Saved entries:
==================================================
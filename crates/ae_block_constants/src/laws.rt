//! Laws of the constants of blocks. This function does nothing: its contract is a theorem.
ghost use Rattle.std.specs.Prelude.{ℕ, ◌+◌, ◌≡◌, ◌≢◌, List, [], ◌∷◌, ◌++◌};
ghost use Rattle.std.specs.List.{Contains};
ghost use Rattle.ae_block_constants.specs.Blocks.{variables, AreApart, Agrees, HaveOwnNumbers};
ghost use Rattle.ae_block_constants.specs.declared.opened.Opened.{Opened};
ghost use Rattle.ae_core.specs.declared.formulas.Formula.{Formula};
ghost use Rattle.ae_journal.specs.Legal.{HaveOwnConstants};
ghost use Rattle.ae_journal.specs.Standing.{Setting};
ghost use Rattle.ae_journal.specs.declared.lines.Line.{Line};

/// The blocks that a search opens have constants of their own.
pub fn blocks_have_own_constants()
    // All formulas can be numbered, those that were opened as they are, so that no constant belongs to two of them.
    ensures numbering { (next : ℕ) (opened : List Opened) → AreApart next opened → (fresh : Formula → ℕ) × Agrees opened fresh × HaveOwnNumbers fresh }
    // So no constant of a journal belongs to two formulas.
    ensures journals { (x : Setting) (js : List Line) → HaveOwnNumbers x.fresh → HaveOwnConstants x js }
    // It begins without a block, and one that isn't opened yet takes the next constants.
    ensures none { (next : ℕ) → AreApart next [] }
    ensures another { (next : ℕ) (opened : List Opened) (o : Opened) → AreApart next opened → o.first ≡ next → ((e : Opened) → Contains opened e → e.formula ≢ o.formula) →
        AreApart (next + variables o.formula) (opened ++ o ∷ []) }
{}
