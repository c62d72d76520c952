//! The table.
ghost use Rattle.std.specs.Prelude.{◌≡◌, ◌⊎◌, ◌+◌, ◌≤◌, ◌<◌, ◌^◌, Some, Err, IfOk, IfErr, All, List, [], length, map, string_bytes};
ghost use Rattle.plan_json.specs.Forms.{IsInForm};
ghost use Rattle.plan_json.specs.Checks.{IsOn};
ghost use Rattle.work_table.specs.declared.entry.TableEntry.TheVariants.{Submit, Cancel, Task, Count};
ghost use Rattle.work_table.specs.declared.answers.SubmitFault.TheVariants.{Memory};
ghost use Rattle.work_table.specs.Answers.{submit_answer, cancel_answer, task_answer, count_answer};
ghost use Rattle.work_table.specs.Assigned.{assignments, AreVolumes, IsOfWork};
ghost use Rattle.work_table.specs.Standing.{made, StandsFor, Adds};

use crate::answers::{CountEnd, Counted, NoSuchPlan, SubmitFault, TaskEnd};
use crate::places::fresh_steps;
use crate::plan_state::PlanState;
use crate::states::{first_open, state_of, task_for};
use crate::step_works::StepWorks;
use crate::work::{Work, cancel_steps, put_step};
use plan_json::{Plan, PlanId, PlanStep};
use std::alloc::Global;
use std::marker::Model;

/// The plan that was submitted last, and how far it is.
#[derive(Drop)]
pub struct WorkTable {
    work: Work,
    planned: Vec<PlanStep>,
}

impl Model for WorkTable {
    ghost use Rattle.work_table.specs.Standing.{TableView};
    ghost use Rattle.work_table.specs.Whole.{IsWhole};

    ghost Value = { TableView };

    ghost view = { λ t. record { work = t.work; planned = t.planned.items } };

    ghost invariant = { λ t. IsWhole (record { work = t.work; planned = t.planned.items }) };
}

impl WorkTable {
    /// A table without a plan. It takes no memory.
    pub fn make(alloc: Global) -> WorkTable
        ensures made { result ≡ made }
        ensures stands { StandsFor result [] }
    {
        WorkTable {
            work: Work {
                plan_no: 0,
                state: PlanState::NoPlan,
                id: None,
                steps: StepWorks::new(Vec::new(alloc)),
            },
            planned: Vec::new(alloc),
        }
    }

    /// Submits a plan with its id, for a node with these volumes: at most 64 names, which are distinct. On either fault
    /// nothing has changed.
    pub fn submit(
        &mut self,
        alloc: Global,
        plan: Plan,
        id: PlanId,
        volumes: &[String],
    ) -> Result<(), SubmitFault>
        requires in_form { IsInForm plan }
        requires on_node { IsOn (map string_bytes volumes.now) plan }
        requires few { length volumes.now ≤ 64 }
        requires plans { self.old.work.plan_no < 2 ^ 63 }
        ensures answer { (result ≡ Err Memory) ⊎ (result ≡ submit_answer self.old.work) }
        ensures stands { Adds self.old (Submit plan id (map string_bytes volumes.now) result) self.new }
        ensures unchanged { IfErr result (λ _. self.new ≡ self.old) }
        ensures number { IfOk result (λ _. self.new.work.plan_no ≡ self.old.work.plan_no + 1) }
        ensures volumes { IfOk result (λ _. All (AreVolumes (length volumes.now)) (assignments self.new.work)) }
    {
        if self.work.state == PlanState::UnderProgress {
            return Err(SubmitFault::InProgress);
        }
        let planned = plan.steps.into_vec();
        let steps = fresh_steps(alloc, volumes, planned.as_slice())?;
        self.work = Work {
            plan_no: self.work.plan_no + 1,
            state: state_of(steps.as_slice()),
            id: Some(id),
            steps: StepWorks::new(steps),
        };
        self.planned = planned;
        Ok(())
    }

    /// The work, lent.
    pub fn query(&self) -> &Work
        ensures { result.now ≡ self.now.work }
    {
        &self.work
    }

    /// Cancels the plan of this id: each of its steps that has no end is ended. A plan that has ended stays as it is.
    pub fn cancel(&mut self, id: &str) -> Result<(), NoSuchPlan>
        ensures answer { result ≡ cancel_answer id.now self.old.work }
        ensures stands { Adds self.old (Cancel id.now result) self.new }
        ensures number { self.new.work.plan_no ≡ self.old.work.plan_no }
        ensures steps { length self.new.work.steps ≡ length self.old.work.steps }
        ensures assigned { assignments self.new.work ≡ assignments self.old.work }
    {
        match &self.work.id {
            Some(held) if held.as_str() == id => {}
            _ => return Err(NoSuchPlan {}),
        }
        cancel_steps(&mut self.work);
        Ok(())
    }

    /// What is to be done next, for the first step that has no end. A step that is close enough to what it plans, or has
    /// more errors than its limit, ends by this call.
    pub fn task(&mut self) -> TaskEnd
        ensures answer { result ≡ task_answer self.old.work self.old.planned }
        ensures of_work { IsOfWork self.old.work result }
        ensures stands { Adds self.old (Task result) self.new }
        ensures number { self.new.work.plan_no ≡ self.old.work.plan_no }
        ensures steps { length self.new.work.steps ≡ length self.old.work.steps }
        ensures assigned { assignments self.new.work ≡ assignments self.old.work }
    {
        let Some(i) = first_open(self.work.steps.as_slice()) else {
            return TaskEnd::Idle;
        };
        let step = self.work.steps.as_slice()[i];
        let task = task_for(self.work.plan_no, i as u32 + 1, step, &self.planned[i]);
        if let TaskEnd::StepEnd { end, .. } = task {
            put_step(&mut self.work, i, step.ended(end));
        }
        task
    }

    /// Counts what came of a task for the step of this number, from 1, of the plan of this number. What is of another plan
    /// than the table's isn't counted.
    pub fn count(&mut self, plan_no: u64, step: u32, what: Counted) -> CountEnd
        requires first { plan_no ≡ self.old.work.plan_no → 1 ≤ step }
        requires last { plan_no ≡ self.old.work.plan_no → step ≤ length self.old.work.steps }
        ensures answer { result ≡ count_answer plan_no self.old.work }
        ensures stands { Adds self.old (Count plan_no step what result) self.new }
        ensures number { self.new.work.plan_no ≡ self.old.work.plan_no }
        ensures steps { length self.new.work.steps ≡ length self.old.work.steps }
        ensures assigned { assignments self.new.work ≡ assignments self.old.work }
    {
        if plan_no != self.work.plan_no {
            return CountEnd::Stale {
                want: plan_no,
                have: self.work.plan_no,
            };
        }
        let i = step as usize - 1;
        let counted = self.work.steps.as_slice()[i].counted(what);
        put_step(&mut self.work, i, counted);
        CountEnd::Counted
    }
}
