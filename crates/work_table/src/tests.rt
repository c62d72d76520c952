//! A table at work: what each call answers, one after the other.
use super::*;
use plan_json::{plan_id, read_plan};
use std::alloc::Global;
use std::test::Fail;

/// A plan of two steps, for the node `DN-1`: 1,000 bytes from `DS-1` to `DS-2` within 10 percent, and 10 bytes back, which
/// may have one error.
const TWO_STEPS: &str = "{\"nodeUUID\":\"DN-1\",\"timeStamp\":0,\"volumeSetPlans\":[\
    {\"bytesToMove\":1000,\"destinationVolume\":{\"uuid\":\"DS-2\"},\"sourceVolume\":{\"uuid\":\"DS-1\"}},\
    {\"bandwidth\":3,\"bytesToMove\":10,\"destinationVolume\":{\"uuid\":\"DS-1\"},\"maxDiskErrors\":1,\
    \"sourceVolume\":{\"uuid\":\"DS-2\"},\"tolerancePercent\":1}]}";

/// A plan without steps.
const NO_STEPS: &str = "{\"nodeUUID\":\"DN-1\",\"timeStamp\":0,\"volumeSetPlans\":[]}";

/// A call of a table.
#[derive(Clone, Copy)]
enum Call {
    /// The plan of this text is submitted.
    Submit(&'static str),
    /// The plan of this text is cancelled.
    Cancel(&'static str),
    /// What is next is asked for.
    Task,
    /// Something is counted for a step of the plan of this number.
    Count(u64, u32, Counted),
    /// The work is asked for.
    Query,
}

/// Reads a plan and submits it to a node with these volumes; what comes of it, in a word.
fn submitted_to(
    alloc: Global,
    table: &mut WorkTable,
    text: &str,
    volumes: &[String],
) -> &'static str {
    if volumes.len() > 64 || table.query().plan_no >= 1 << 63 {
        return "too many";
    }
    let id = plan_id(text.as_bytes());
    match read_plan(
        alloc,
        text.as_bytes(),
        id.as_str(),
        1,
        false,
        0,
        "DN-1",
        volumes,
    ) {
        Err(_) => "refused",
        Ok(plan) => match table.submit(alloc, plan, id, volumes) {
            Ok(()) => "ok",
            Err(SubmitFault::InProgress) => "inprogress",
            Err(SubmitFault::Memory) => "memory",
        },
    }
}

/// Reads a plan and submits it to a node with the volumes `DS-1` and `DS-2`; what comes of it, in a word.
fn submitted(alloc: Global, table: &mut WorkTable, text: &str) -> Result<&'static str, Fail> {
    let mut volumes = Vec::new(alloc);
    volumes.push(String::from_str(alloc, "DS-1")?)?;
    volumes.push(String::from_str(alloc, "DS-2")?)?;
    Ok(submitted_to(alloc, table, text, volumes.as_slice()))
}

/// Cancels the plan of a text; what comes of it, in a word.
fn cancelled(table: &mut WorkTable, text: &str) -> &'static str {
    let id = plan_id(text.as_bytes());
    match table.cancel(id.as_str()) {
        Ok(()) => "ok",
        Err(NoSuchPlan {}) => "nosuchplan",
    }
}

/// What is next, in one line.
fn told_task(alloc: Global, task: TaskEnd) -> Result<String, Fail> {
    match task {
        TaskEnd::Idle => Ok(String::from_str(alloc, "idle")?),
        TaskEnd::Task {
            plan_no,
            step,
            from,
            to,
            left,
            tolerance,
            bandwidth,
        } => Ok(format!(in alloc;
            "task {plan_no} {step} {from} {to} {left} {tolerance} {bandwidth}"
        )?),
        TaskEnd::StepEnd { step, end } => Ok(format!(in alloc; "end {step} {end}")?),
    }
}

/// Counts for a step of the plan, where it has that step; what comes of it, in one line.
fn told_count(
    alloc: Global,
    table: &mut WorkTable,
    plan_no: u64,
    step: u32,
    what: Counted,
) -> Result<String, Fail> {
    if step < 1 || step as usize > table.query().steps.as_slice().len() {
        return Ok(String::from_str(alloc, "nostep")?);
    }
    match table.count(plan_no, step, what) {
        CountEnd::Counted => Ok(String::from_str(alloc, "counted")?),
        CountEnd::Stale { want, have } => Ok(format!(in alloc; "stale {want} {have}")?),
    }
}

/// The work in one line: the number and state of the plan, and its steps.
fn told_work(alloc: Global, work: &Work) -> Result<String, Fail> {
    let number = work.plan_no;
    let state = work.state;
    let mut told = format!(in alloc; "{number} {state}")?;
    for step in work.steps.as_slice() {
        let StepWork {
            from,
            to,
            planned,
            copied,
            blocks,
            errors,
            end,
        } = *step;
        let line = format!(in alloc; ", {from} {to} {planned} {copied} {blocks} {errors} {end}")?;
        told.push_str(line.as_str())?;
    }
    Ok(told)
}

/// Makes a call; what comes of it, in one line.
fn told(alloc: Global, table: &mut WorkTable, call: Call) -> Result<String, Fail> {
    match call {
        Call::Submit(text) => Ok(String::from_str(alloc, submitted(alloc, table, text)?)?),
        Call::Cancel(text) => Ok(String::from_str(alloc, cancelled(table, text))?),
        Call::Task => told_task(alloc, table.task()),
        Call::Count(plan_no, step, what) => told_count(alloc, table, plan_no, step, what),
        Call::Query => told_work(alloc, table.query()),
    }
}

#[test]
fn plans_come_to_their_ends(rt: HostRuntime) -> Result<(), Fail> {
    let alloc = rt.alloc();
    let mut table = WorkTable::make(alloc);
    for (call, want) in [
        (Call::Query, "0 NO_PLAN"),
        (Call::Task, "idle"),
        (Call::Cancel(TWO_STEPS), "nosuchplan"),
        (Call::Submit(TWO_STEPS), "ok"),
        (Call::Submit(NO_STEPS), "inprogress"),
        (Call::Task, "task 1 1 1 2 1000 10 10"),
        (Call::Count(1, 1, Counted::Moved { bytes: 909 }), "counted"),
        (Call::Task, "task 1 1 1 2 91 10 10"),
        (Call::Count(1, 1, Counted::Moved { bytes: 1 }), "counted"),
        (Call::Task, "end 1 done"),
        (Call::Task, "task 1 2 2 1 10 1 3"),
        (Call::Count(1, 2, Counted::Error), "counted"),
        (Call::Task, "task 1 2 2 1 10 1 3"),
        (Call::Count(1, 2, Counted::Error), "counted"),
        (Call::Task, "end 2 errorlimit"),
        (Call::Task, "idle"),
        (
            Call::Query,
            "1 PLAN_DONE, 1 2 1000 910 2 0 done, 2 1 10 0 0 2 errorlimit",
        ),
        (Call::Submit(TWO_STEPS), "ok"),
        (Call::Count(2, 1, Counted::NoBlock), "counted"),
        (Call::Cancel(NO_STEPS), "nosuchplan"),
        (Call::Cancel(TWO_STEPS), "ok"),
        (
            Call::Count(2, 2, Counted::Moved { bytes: u64::MAX }),
            "counted",
        ),
        (
            Call::Count(2, 2, Counted::Moved { bytes: u64::MAX }),
            "counted",
        ),
        (Call::Count(2, 2, Counted::NoBlock), "counted"),
        (
            Call::Query,
            "2 PLAN_CANCELLED, 1 2 1000 0 0 0 noblock, 2 1 10 18446744073709551615 2 0 cancelled",
        ),
        (Call::Task, "idle"),
        (Call::Submit(TWO_STEPS), "ok"),
        (Call::Count(2, 1, Counted::Error), "stale 2 3"),
        (Call::Count(3, 2, Counted::NoBlock), "counted"),
        (Call::Count(3, 1, Counted::NoBlock), "counted"),
        (Call::Cancel(TWO_STEPS), "ok"),
        (
            Call::Query,
            "3 PLAN_DONE, 1 2 1000 0 0 0 noblock, 2 1 10 0 0 0 noblock",
        ),
        (Call::Submit(NO_STEPS), "ok"),
        (Call::Task, "idle"),
        (Call::Query, "4 PLAN_DONE"),
    ] {
        let got = told(alloc, &mut table, call)?;
        assert_eq!(rt; got.as_str(), want);
    }
    Ok(())
}
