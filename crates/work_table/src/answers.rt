//! What the calls of a table take and answer.
ghost use Rattle.std.specs.Prelude.{◌≡◌};
ghost use Rattle.work_table.specs.declared.answers.SubmitFault.TheVariants.{Memory};

use crate::step_end::StepEnd;
use std::alloc::{AllocError, AllocFailed};

/// Why a plan wasn't submitted.
#[derive(Clone, Copy, Debug, PartialEq, Eq)]
pub enum SubmitFault {
    /// A plan is under progress.
    InProgress,
    /// There is no memory for its steps.
    Memory,
}

impl From<AllocError> for SubmitFault {
    ghost from_gives = { λ _ fault. fault ≡ Memory };

    fn from(_no_memory: AllocError) -> SubmitFault {
        SubmitFault::Memory
    }
}

impl<T: Drop> From<AllocFailed<T>> for SubmitFault {
    ghost from_gives = { λ _ fault. fault ≡ Memory };

    fn from(_no_memory: AllocFailed<T>) -> SubmitFault {
        SubmitFault::Memory
    }
}

/// No plan is held, or its id is another one.
#[derive(Clone, Copy, Debug, PartialEq, Eq)]
pub struct NoSuchPlan {}

/// What is to be done next.
#[derive(Clone, Copy, Debug, PartialEq, Eq)]
pub enum TaskEnd {
    /// Nothing: no plan is under progress.
    Idle,
    /// A replica is to be moved for this step, the first one without an end, of which so many bytes are left.
    Task {
        plan_no: u64,
        step: u32,
        from: u8,
        to: u8,
        left: u64,
        tolerance: u8,
        bandwidth: u32,
    },
    /// This step has come to its end.
    StepEnd {
        step: u32,
        end: StepEnd,
    },
}

/// What came of a task.
#[derive(Clone, Copy, Debug, PartialEq, Eq)]
pub enum Counted {
    /// A replica of so many bytes was moved.
    Moved { bytes: u64 },
    /// One could not be moved.
    Error,
    /// There is none that fits and wasn't tried.
    NoBlock,
}

/// What came of counting.
#[derive(Clone, Copy, Debug, PartialEq, Eq)]
pub enum CountEnd {
    /// It was counted.
    Counted,
    /// It was not: it is of the plan `want`, and the table has the plan `have`.
    Stale { want: u64, have: u64 },
}
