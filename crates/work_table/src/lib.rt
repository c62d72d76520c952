//! The disk balancer's work: the plan that was submitted last, how far each of its steps is, and what is to be done next.
//! Every call is an entry of the table's history, and the table is what the history says.
#![tactic(auto)]

mod answers;
mod entry;
mod laws;
mod places;
mod plan_state;
mod states;
mod step_end;
mod step_work;
mod step_works;
mod table;
mod work;

pub use answers::{CountEnd, Counted, NoSuchPlan, SubmitFault, TaskEnd};
pub use entry::{TableEntry, VolumeNames};
pub use laws::cancelled_while_open;
pub use plan_state::PlanState;
pub use step_end::StepEnd;
pub use step_work::StepWork;
pub use step_works::StepWorks;
pub use table::WorkTable;
pub use work::Work;

#[cfg(test)]
mod tests;
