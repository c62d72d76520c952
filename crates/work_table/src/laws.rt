//! What holds of every table's history.
ghost use Rattle.work_table.specs.Cancelling.{CancelledWhileOpen};

/// A table's plan is cancelled exactly where a cancel of it came while a step had no end.
pub fn cancelled_while_open()
    ensures { CancelledWhileOpen }
{}
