// Messages in one order and in another.
fn received(rt: &impl Print) -> Result<()> {
    small(
        rt,
        &[
            ("no message", b""),
            ("A", b"\x08\x0c\x01\x00\x01\x00\x00\x00\x00"),
            ("B", b"\x0a\x0e\x02\x00\x02\x00\x01\x00\x00\x00\x01"),
            (
                "A B",
                b"\x08\x0c\x01\x00\x01\x00\x00\x00\x00\x0a\x0e\x02\x00\x02\x00\x01\x00\x00\x00\x01",
            ),
            (
                "B A",
                b"\x0a\x0e\x02\x00\x02\x00\x01\x00\x00\x00\x01\x08\x0c\x01\x00\x01\x00\x00\x00\x00",
            ),
        ],
    )
}

fn received_with_d(rt: &impl Print) -> Result<()> {
    small(
        rt,
        &[
            (
                "A B D",
                b"\x08\x0c\x01\x00\x01\x00\x00\x00\x00\x0a\x0e\x02\x00\x02\x00\x01\x00\x00\x00\x01\x05\x06\x03\x00\x03\x00",
            ),
            ("D", b"\x05\x06\x03\x00\x03\x00"),
            ("an alive message that changes nothing", b"\x01\x10"),
        ],
    )
}

// Messages that are cut or bad: 7 and 8.
fn bad_messages(rt: &impl Print) -> Result<()> {
    small(
        rt,
        &[
            ("no count", b"\x01\x00"),
            ("no bytes", b"\x00"),
            ("cut by a byte", b"\x07\x0c\x01\x00\x01\x00\x00\x00"),
            ("a byte more", b"\x09\x0c\x01\x00\x01\x00\x00\x00\x00\x00"),
        ],
    )
}

// Messages that no trace could have sent: 9.
fn conflicts(rt: &impl Print) -> Result<()> {
    small(
        rt,
        &[
            ("more observations than minutes", b"\x03\x04\x02\x00"),
            (
                "A, and then none by minute 0",
                b"\x08\x0c\x01\x00\x01\x00\x00\x00\x00\x03\x12\x01\x00",
            ),
            (
                "A, and then A with another value",
                b"\x08\x0c\x01\x00\x01\x00\x00\x00\x00\x08\x0c\x01\x00\x01\x00\x00\x00\x01",
            ),
        ],
    )
}

// The last minute is 3: an alive message may say so, and nothing may come after.
fn past_the_last_minute(rt: &impl Print) -> Result<()> {
    small(
        rt,
        &[
            (
                "A, B, alive at minute 4",
                b"\x08\x0c\x01\x00\x01\x00\x00\x00\x00\x0a\x0e\x02\x00\x02\x00\x01\x00\x00\x00\x01\x05\x16\x04\x00\x02\x00",
            ),
            (
                "A, B, alive at minute 5",
                b"\x08\x0c\x01\x00\x01\x00\x00\x00\x00\x0a\x0e\x02\x00\x02\x00\x01\x00\x00\x00\x01\x05\x16\x05\x00\x02\x00",
            ),
            (
                "A, B, an observation at minute 4",
                b"\x08\x0c\x01\x00\x01\x00\x00\x00\x00\x0a\x0e\x02\x00\x02\x00\x01\x00\x00\x00\x01\x05\x06\x04\x00\x03\x00",
            ),
        ],
    )
}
==================================================
Search the data above for lines holding "text" and copy each of them.

    /// The plan of this text is submitted.
    /// The plan of this text is cancelled.
    text: &str,
    let id = plan_id(text.as_bytes());
        text.as_bytes(),
fn submitted(alloc: Global, table: &mut WorkTable, text: &str) -> Result<&'static str, Fail> {
    Ok(submitted_to(alloc, table, text, volumes.as_slice()))
/// Cancels the plan of a text; what comes of it, in a word.
fn cancelled(table: &mut WorkTable, text: &str) -> &'static str {
    let id = plan_id(text.as_bytes());
        Call::Submit(text) => Ok(String::from_str(alloc, submitted(alloc, table, text)?)?),
        Call::Cancel(text) => Ok(String::from_str(alloc, cancelled(table, text))?),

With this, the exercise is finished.